After doing some tests with Catalàn, that should only be available as ‘ca’ and ‘ca-SP’, Xojo is happy to use ‘ca_US’ and ‘ca-US’.

I guess that as a workaround: if you get only 2 letters from the browser, you can add ‘_US’ (or ‘-US’), to make it work.

Note: eo-US and ts-US are accepted by Xojo, not tested with string localization, but I remember that didn’t work with Portuguese Brazil recently.

Edit: tested with Desktop, not sure if Web will be different.

If that’s the case then it’s still not a Xojo bug. You would need to look at the library that they’re using for locale and tell them about your problem. I believe it’s libicu.

Sorry that we are going this cycle that ‘is not a Xojo bug’ when the docs here say:

Creates a Locale with the given localeIdentifier.

As an example, “en-US” is used as a localeIdentifier for English in the United States.

Links to look up codes:

A RuntimeException is raised when an invalid localeIdentifier is used.

I visit the first link and I see:

so it looks like en and eo can be used, because there is no information on that link that a region is needed.

Besides that if I use this code:

Var MyLocale as New Locale("en-MX")

what should I expect as ‘en-MX’ is not on the list?
For me, reading the documentation and following the links and see the tables, I expect to get a RuntimeException. No?

Edit: I know Xojo will not change this (it is as designed), maybe they can add a note on the documentation at least?
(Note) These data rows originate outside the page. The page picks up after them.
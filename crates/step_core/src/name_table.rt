//! The names of granted initiations, found by their grants.
ghost use Rattle.std.specs.Prelude.{◌≡◌, ◌<◌, ◌++◌, ◌∷◌, [], false, find, OnOk, option_copied};
ghost use Rattle.std.specs.List.{list_any};
ghost use Rattle.lsp_base.specs.Lsps.{without_first};
ghost use Rattle.step_core.specs.Names.{is_of_grant};
ghost use Rattle.step_core.specs.States.{is_awaited_as, is_grant_of_name, names_without};

use crate::names::{AwaitedName, GrantKey, unbound_srp};
use indexmap::IndexMap;
use initiate_rules::is_same_name;
use lsp_base::Path;
use std::alloc::{AllocError, Global};
use std::marker::Model;

/// The names in order, under the keys of their grants. A contract sees the list of names, and for how many more there
/// is room.
#[derive(Drop)]
pub(crate) struct NameTable {
    map: IndexMap<GrantKey, AwaitedName>,
}

impl Model for NameTable {
    ghost use Rattle.indexmap.specs.IndexMap.{spare, values};
    ghost use Rattle.step_core.specs.Names.{AreKeyed, NameRoom};

    ghost Value = { NameRoom };

    ghost view = { λ t. record { names = values t.map; room = spare t.map } };

    ghost invariant = { λ t. AreKeyed t.map.entries };
}

impl NameTable {
    /// Makes a table of no names. Allocates nothing.
    pub fn new(alloc: Global) -> NameTable
        ensures { result.names ≡ [] }
    {
        NameTable {
            map: IndexMap::new(alloc),
        }
    }

    /// Lends the names, in order.
    pub fn as_slice(&self) -> &[AwaitedName]
        ensures { result.now ≡ self.now.names }
    {
        self.map.values().as_slice()
    }

    /// Finds the name of the peer's grant of an SRP-ID.
    pub fn of_grant(&self, peer: u32, srp: u32) -> Option<&AwaitedName>
        ensures { option_copied result ≡ find (is_of_grant peer srp) self.now.names }
    {
        self.map.get(&GrantKey { peer, srp })
    }

    /// Makes room for a name.
    pub fn reserve(&mut self) -> Result<(), AllocError>
        ensures room { OnOk result (0 < self.new.room) }
        ensures names { self.new.names ≡ self.old.names }
    {
        self.map.reserve(1)?;
        Ok(())
    }

    /// Adds the name of a grant that has none at the end, into reserved room.
    pub fn add(&mut self, name: AwaitedName)
        requires room { 0 < self.old.room }
        requires absent { list_any (is_of_grant name.peer name.srp) self.old.names ≡ false }
        ensures { self.new.names ≡ self.old.names ++ name ∷ [] }
    {
        let key = GrantKey {
            peer: name.peer,
            srp: name.srp,
        };
        let _old = self.map.insert(key, name).unwrap();
    }

    /// Removes the name of a grant. The last one takes its place.
    fn drop_of_grant(&mut self, peer: u32, srp: u32)
        ensures { self.new.names ≡ without_first (is_of_grant peer srp) self.old.names }
    {
        self.map.swap_remove(&GrantKey { peer, srp });
    }

    /// Removes the name of a grant that goes away. Any other path has none.
    fn drop_name(&mut self, gone: &Path)
        ensures { self.new.names ≡ without_first (λ a. is_grant_of_name a gone.now) self.old.names }
    {
        if let Some(srp) = unbound_srp(gone) {
            self.drop_of_grant(gone.peer, srp);
        }
    }

    /// Removes the names of those of these paths that are grants.
    pub fn drop_names(&mut self, gone: &[Path])
        ensures { self.new.names ≡ names_without self.old.names gone.now }
    {
        for path in gone {
            self.drop_name(path);
        }
    }

    /// Tests whether a granted initiation of the peer has the name and no report has named it yet.
    pub fn is_awaited(&self, peer: u32, name: &[u8]) -> bool
        ensures { result ≡ list_any (is_awaited_as peer name.now) self.now.names }
    {
        self.as_slice().iter().any(|awaited| awaited.peer == peer
            && is_same_name(awaited.name.as_slice(), name))
    }
}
There’s a simple solution to this in a web app. You could do something like this:

Dim languageCode as string = session.languageCode
Dim languages as String = Session.Header("Accept-Language")
Dim rx as new RegEx
Rx.searchpattern = "([a-z]+-[A-Z]+)"
Dim rm as new regexmatch = rx.search(languages)
If rm <> nil then
  LanguageCode = rm.subexpressionstring(1)
End if

Now what I don’t know is whether this will muck with xojos dynamic constant stuff, so it might be better to be exposed as a computed property on Session that you only look up once.

While I haven’t included it, the q values in that string are a “quality” of the guess. So in your case, the browser is saying 90% sure that the user wants English and then German, 80% for en-GB and then 70% for en-US, 60% nl (Dutch/Flemish).

Thanks for al the suggestions and insights. It is now clear why the two letter language code will not work without a region code.

I do find however that the documentation should be clear about this, directly stating that you need to have a region code with the language code; also removing incorrect information that suggests you can use the Session.LanguageCode directly to construct a new Locale.